Together, these properties position PMG as more than a search index. It is a structured, lossless, and fully private representation of conversational memory — one that retrieves not isolated facts, but coherent fragments of past thinking, situated in time and connected by meaning.

Limitations

No architecture is without tradeoffs, and PMG is no exception.

Cold start. The graph is only as useful as the history it contains. For a new installation with no prior sessions, retrieval returns nothing — the system has no memory to draw from. Retrieval quality improves progressively as the graph accumulates sessions, but the first few interactions receive no benefit from the memory layer.
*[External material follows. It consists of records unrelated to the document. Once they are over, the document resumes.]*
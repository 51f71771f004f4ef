//! The program `explain` and `needs` over standard input and output.
#![tactic(auto)]

use std::process::ExitCode;
use std::{env, io};
use wild_explain::explain;
use wild_program::{ReaderSource, WriterSink, status_of, words_of};

fn main(rt: HostRuntime) -> ExitCode {
    let alloc = rt.alloc();
    let mut source = ReaderSource::new(rt.reader());
    let mut sink = WriterSink::new(io::writer(&rt));
    let outcome = match words_of(alloc, env::args(&rt)) {
        Ok(words) => explain(&rt, alloc, &words, &mut source, &mut sink),
        Err(e) => Err(e),
    };
    ExitCode::from(status_of(outcome))
}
This limitation can be partially mitigated by importing existing conversation history: platforms such as ChatGPT and Claude both support conversation export, and the exported data can be converted to plain text and ingested as seed sessions to bootstrap the graph from day one.

Unbounded graph growth. PMG retains all historical segments indefinitely. There is no forgetting mechanism. Over time, the FAISS index and SQLite graph grow proportionally with usage. For long-running deployments with high conversation volume, this has implications for storage footprint and retrieval latency that must be managed — for example, by archiving or pruning segments beyond a configurable age threshold.

Threshold sensitivity. The similarity thresholds that govern edge creation and retrieval filtering (0.6 for semantic edges, 0.6 for retrieval candidates, 0.85 for deduplication) are static hyperparameters. Their effectiveness depends on the embedding model's geometry and the semantic density of the conversation domain. A threshold well-calibrated for technical discussions may perform poorly on casual or highly varied conversations. Adaptive thresholding remains an open direction.

PMG is an original architecture developed as part of the author's research into persistent memory systems for AI assistants. All design decisions, parameter choices, and retrieval strategies described in this post reflect the current state of the working system.